SUPPLIED ENTRIES START

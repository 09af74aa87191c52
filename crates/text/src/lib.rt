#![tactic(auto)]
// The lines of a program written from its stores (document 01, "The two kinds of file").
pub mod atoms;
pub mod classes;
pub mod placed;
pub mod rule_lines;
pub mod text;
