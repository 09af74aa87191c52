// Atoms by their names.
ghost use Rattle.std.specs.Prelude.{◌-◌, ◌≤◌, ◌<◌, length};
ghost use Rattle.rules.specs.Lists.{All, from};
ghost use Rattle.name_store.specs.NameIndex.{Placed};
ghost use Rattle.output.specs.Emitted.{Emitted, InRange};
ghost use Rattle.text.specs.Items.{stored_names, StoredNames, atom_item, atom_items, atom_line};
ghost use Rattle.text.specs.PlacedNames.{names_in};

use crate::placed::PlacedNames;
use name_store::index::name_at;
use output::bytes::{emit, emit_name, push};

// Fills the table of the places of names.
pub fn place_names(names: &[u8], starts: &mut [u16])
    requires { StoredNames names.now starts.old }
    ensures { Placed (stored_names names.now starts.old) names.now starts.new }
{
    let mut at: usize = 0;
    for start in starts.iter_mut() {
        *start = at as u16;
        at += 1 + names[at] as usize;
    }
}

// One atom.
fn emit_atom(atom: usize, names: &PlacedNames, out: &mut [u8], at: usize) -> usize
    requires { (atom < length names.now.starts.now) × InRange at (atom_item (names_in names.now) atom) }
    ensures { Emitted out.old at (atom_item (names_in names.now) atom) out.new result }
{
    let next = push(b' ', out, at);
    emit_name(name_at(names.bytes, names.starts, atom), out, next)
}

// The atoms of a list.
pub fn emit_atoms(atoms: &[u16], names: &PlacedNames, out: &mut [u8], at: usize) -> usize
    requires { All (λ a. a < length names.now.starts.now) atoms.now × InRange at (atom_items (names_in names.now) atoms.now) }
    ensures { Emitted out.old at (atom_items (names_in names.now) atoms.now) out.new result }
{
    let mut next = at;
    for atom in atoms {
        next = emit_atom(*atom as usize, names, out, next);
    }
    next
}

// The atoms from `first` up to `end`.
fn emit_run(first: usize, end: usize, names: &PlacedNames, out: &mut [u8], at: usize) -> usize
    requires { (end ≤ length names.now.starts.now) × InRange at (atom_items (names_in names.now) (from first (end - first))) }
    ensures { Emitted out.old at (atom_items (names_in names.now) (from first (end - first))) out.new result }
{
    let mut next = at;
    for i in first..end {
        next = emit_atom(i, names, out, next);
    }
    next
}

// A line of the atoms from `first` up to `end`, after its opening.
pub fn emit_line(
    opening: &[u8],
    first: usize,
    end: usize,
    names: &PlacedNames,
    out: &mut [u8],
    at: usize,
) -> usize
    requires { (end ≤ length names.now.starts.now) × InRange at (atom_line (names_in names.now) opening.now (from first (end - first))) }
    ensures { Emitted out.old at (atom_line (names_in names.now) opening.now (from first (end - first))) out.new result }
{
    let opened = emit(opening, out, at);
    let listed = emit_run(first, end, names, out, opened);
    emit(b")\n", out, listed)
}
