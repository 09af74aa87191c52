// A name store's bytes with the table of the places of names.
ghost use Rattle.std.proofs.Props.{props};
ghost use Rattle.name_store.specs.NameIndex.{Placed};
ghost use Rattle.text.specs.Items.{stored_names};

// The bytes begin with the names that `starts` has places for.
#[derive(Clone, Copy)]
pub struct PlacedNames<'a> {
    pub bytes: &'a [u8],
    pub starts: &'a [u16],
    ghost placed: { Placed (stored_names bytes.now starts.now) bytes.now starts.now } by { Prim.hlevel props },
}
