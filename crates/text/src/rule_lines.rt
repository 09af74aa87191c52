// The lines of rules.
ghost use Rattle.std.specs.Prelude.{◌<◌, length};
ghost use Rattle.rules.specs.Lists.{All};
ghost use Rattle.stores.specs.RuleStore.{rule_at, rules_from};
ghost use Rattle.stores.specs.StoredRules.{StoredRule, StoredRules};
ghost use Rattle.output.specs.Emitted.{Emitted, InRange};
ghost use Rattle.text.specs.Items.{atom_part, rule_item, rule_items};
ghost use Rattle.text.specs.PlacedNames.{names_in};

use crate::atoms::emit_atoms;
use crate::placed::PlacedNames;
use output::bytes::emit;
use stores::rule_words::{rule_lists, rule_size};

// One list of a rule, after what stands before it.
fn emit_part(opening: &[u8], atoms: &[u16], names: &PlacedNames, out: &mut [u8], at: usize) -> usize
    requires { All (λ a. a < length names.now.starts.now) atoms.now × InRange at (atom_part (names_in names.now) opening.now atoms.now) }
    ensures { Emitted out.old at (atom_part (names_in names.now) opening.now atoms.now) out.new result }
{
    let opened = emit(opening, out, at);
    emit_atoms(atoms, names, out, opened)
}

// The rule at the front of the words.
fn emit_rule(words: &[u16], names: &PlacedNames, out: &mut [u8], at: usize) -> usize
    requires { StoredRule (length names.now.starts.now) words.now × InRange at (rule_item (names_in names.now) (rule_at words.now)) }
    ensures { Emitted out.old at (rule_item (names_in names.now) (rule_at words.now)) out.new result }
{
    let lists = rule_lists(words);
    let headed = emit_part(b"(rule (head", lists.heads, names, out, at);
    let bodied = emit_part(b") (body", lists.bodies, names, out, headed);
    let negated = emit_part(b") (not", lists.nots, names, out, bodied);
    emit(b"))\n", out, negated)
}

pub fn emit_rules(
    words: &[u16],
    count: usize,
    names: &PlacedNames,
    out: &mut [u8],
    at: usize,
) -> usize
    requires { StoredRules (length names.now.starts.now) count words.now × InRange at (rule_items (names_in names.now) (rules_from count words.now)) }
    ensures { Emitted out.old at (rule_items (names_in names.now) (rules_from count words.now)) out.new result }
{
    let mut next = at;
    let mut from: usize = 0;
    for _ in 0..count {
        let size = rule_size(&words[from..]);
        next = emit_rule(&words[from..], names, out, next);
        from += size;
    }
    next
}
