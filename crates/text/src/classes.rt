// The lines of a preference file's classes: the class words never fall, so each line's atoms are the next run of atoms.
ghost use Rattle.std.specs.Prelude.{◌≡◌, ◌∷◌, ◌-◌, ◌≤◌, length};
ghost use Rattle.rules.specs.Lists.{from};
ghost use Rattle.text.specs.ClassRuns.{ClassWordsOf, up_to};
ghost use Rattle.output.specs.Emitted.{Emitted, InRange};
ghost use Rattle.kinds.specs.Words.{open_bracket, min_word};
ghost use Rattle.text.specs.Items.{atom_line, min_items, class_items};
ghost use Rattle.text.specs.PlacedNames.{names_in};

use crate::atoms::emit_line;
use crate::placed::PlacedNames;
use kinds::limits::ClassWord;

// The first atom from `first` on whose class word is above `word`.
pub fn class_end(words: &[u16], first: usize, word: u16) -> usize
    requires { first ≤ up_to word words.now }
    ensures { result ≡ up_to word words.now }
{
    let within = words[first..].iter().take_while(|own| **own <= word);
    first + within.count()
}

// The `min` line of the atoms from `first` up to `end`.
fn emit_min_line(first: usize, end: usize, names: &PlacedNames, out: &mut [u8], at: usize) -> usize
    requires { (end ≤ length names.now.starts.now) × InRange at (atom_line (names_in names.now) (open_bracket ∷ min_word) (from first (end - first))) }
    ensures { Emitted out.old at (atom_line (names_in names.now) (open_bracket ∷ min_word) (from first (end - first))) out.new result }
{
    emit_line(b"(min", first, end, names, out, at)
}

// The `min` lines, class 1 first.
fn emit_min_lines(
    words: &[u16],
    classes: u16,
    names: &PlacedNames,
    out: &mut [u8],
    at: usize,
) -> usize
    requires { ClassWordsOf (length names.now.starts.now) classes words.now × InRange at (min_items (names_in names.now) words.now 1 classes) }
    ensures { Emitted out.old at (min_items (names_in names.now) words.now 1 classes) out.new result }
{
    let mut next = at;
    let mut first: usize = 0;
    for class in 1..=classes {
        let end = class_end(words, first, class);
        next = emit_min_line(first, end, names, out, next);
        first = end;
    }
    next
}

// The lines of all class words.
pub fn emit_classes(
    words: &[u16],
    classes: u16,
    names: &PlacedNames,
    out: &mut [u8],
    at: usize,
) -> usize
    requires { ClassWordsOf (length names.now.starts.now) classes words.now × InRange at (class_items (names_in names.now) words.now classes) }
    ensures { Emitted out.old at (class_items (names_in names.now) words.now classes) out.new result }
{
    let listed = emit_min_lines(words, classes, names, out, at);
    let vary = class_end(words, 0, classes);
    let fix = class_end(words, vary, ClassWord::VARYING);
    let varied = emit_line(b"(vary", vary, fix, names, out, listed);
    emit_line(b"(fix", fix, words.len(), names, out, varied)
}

SUPPLIED ENTRIES END

Reproduce all lines from the records above that include the word "StoredRules".

ghost use Rattle.stores.specs.StoredRules.{StoredRule, StoredRules};
    requires { StoredRules (length names.now.starts.now) count words.now × InRange at (rule_items (names_in names.now) (rules_from count words.now)) }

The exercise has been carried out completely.